### Task details
Return each line of the listing that has the word "usize" in it.
* * * * *
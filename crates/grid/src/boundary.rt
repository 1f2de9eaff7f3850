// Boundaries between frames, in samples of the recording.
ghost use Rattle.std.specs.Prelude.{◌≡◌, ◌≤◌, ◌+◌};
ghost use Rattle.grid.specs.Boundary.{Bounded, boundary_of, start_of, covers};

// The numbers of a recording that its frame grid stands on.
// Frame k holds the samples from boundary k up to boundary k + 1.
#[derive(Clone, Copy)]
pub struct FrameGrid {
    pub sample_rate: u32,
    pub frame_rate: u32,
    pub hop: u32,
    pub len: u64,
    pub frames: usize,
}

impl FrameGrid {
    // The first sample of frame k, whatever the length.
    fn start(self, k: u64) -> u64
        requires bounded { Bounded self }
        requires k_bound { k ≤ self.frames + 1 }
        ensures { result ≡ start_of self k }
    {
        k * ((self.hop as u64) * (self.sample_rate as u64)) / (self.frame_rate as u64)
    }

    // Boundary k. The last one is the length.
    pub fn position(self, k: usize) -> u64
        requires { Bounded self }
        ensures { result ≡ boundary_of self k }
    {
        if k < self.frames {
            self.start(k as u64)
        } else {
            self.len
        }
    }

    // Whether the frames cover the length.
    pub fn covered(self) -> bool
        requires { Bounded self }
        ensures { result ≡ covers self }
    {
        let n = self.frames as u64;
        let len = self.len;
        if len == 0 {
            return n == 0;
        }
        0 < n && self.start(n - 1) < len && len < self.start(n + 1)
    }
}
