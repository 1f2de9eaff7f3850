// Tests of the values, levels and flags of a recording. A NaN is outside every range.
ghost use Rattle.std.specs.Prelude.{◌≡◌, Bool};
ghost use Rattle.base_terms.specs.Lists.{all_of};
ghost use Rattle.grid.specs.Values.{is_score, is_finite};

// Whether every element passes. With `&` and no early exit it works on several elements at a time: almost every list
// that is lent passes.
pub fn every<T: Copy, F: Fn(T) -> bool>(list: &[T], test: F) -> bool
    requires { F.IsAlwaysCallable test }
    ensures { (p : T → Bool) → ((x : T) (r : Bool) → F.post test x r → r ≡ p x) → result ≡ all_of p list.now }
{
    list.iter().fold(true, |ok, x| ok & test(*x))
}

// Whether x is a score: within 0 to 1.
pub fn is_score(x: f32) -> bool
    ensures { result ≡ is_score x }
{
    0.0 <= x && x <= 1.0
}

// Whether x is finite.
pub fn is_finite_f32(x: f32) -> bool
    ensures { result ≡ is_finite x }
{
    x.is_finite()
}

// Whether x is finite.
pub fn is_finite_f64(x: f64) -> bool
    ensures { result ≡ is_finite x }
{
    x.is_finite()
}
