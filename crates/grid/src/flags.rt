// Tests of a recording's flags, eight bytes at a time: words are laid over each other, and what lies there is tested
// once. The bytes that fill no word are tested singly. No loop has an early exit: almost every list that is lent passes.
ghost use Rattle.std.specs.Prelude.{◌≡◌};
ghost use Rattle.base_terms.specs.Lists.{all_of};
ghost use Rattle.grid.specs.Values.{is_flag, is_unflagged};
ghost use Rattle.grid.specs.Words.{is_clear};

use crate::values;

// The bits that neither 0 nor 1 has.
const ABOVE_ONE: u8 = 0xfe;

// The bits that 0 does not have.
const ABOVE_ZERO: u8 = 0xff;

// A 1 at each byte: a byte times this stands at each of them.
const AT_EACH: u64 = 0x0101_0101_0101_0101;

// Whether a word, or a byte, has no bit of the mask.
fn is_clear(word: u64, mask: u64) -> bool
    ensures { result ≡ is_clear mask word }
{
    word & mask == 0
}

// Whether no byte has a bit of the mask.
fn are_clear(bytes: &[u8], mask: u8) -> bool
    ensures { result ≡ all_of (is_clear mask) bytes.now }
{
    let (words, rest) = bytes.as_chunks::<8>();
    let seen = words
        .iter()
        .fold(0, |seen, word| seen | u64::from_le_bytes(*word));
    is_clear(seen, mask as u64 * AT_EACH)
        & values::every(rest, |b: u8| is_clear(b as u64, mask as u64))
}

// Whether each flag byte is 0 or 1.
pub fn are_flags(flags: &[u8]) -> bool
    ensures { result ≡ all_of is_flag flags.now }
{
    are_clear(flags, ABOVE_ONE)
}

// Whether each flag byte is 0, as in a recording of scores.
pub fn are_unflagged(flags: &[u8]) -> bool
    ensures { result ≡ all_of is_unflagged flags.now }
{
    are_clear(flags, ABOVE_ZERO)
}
* * * * *
### Solution
    pub frames: usize,
    pub fn position(self, k: usize) -> u64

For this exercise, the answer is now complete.